--- WORK ITEM ---
All lines between the start of the listing below and the line containing "use std::thread::Threads;", inclusive, must be repeated exactly.
___ SOURCE RECORDS
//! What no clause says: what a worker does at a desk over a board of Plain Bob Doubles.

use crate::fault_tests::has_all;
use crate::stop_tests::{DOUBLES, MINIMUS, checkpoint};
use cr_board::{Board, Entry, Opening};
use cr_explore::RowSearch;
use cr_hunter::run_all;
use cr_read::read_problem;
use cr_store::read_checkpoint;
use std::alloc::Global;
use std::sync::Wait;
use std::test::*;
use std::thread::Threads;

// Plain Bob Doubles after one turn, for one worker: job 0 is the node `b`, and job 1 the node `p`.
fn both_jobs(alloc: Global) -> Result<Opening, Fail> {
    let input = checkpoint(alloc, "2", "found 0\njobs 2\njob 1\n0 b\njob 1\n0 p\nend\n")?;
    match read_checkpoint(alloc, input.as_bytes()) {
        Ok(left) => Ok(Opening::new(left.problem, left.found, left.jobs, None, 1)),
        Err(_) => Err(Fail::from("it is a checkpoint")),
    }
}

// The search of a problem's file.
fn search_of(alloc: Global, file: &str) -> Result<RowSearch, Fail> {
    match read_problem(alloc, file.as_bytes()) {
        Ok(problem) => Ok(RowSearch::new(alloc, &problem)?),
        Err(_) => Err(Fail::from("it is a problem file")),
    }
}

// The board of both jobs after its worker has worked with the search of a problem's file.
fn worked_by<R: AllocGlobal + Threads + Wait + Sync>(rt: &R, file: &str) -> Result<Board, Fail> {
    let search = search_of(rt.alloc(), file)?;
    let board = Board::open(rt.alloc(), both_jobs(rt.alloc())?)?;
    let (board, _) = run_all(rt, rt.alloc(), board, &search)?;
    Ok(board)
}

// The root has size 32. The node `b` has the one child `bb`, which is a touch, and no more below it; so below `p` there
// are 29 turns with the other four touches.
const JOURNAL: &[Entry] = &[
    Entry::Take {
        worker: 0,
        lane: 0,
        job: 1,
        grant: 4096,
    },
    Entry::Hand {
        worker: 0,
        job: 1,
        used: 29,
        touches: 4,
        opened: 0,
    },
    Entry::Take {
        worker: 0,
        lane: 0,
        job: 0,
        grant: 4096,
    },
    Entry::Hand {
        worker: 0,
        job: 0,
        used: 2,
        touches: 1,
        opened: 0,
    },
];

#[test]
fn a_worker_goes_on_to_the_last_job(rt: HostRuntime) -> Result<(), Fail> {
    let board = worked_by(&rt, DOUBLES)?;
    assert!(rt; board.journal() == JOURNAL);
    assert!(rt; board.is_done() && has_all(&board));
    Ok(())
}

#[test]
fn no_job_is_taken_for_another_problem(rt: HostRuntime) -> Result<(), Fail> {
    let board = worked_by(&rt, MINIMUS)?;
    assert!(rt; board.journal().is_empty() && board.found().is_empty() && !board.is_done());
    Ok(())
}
______
--- FINISHED EXERCISE ---
//! What no clause says: what a worker does at a desk over a board of Plain Bob Doubles.

use crate::fault_tests::has_all;
use crate::stop_tests::{DOUBLES, MINIMUS, checkpoint};
use cr_board::{Board, Entry, Opening};
use cr_explore::RowSearch;
use cr_hunter::run_all;
use cr_read::read_problem;
use cr_store::read_checkpoint;
use std::alloc::Global;
use std::sync::Wait;
use std::test::*;
use std::thread::Threads;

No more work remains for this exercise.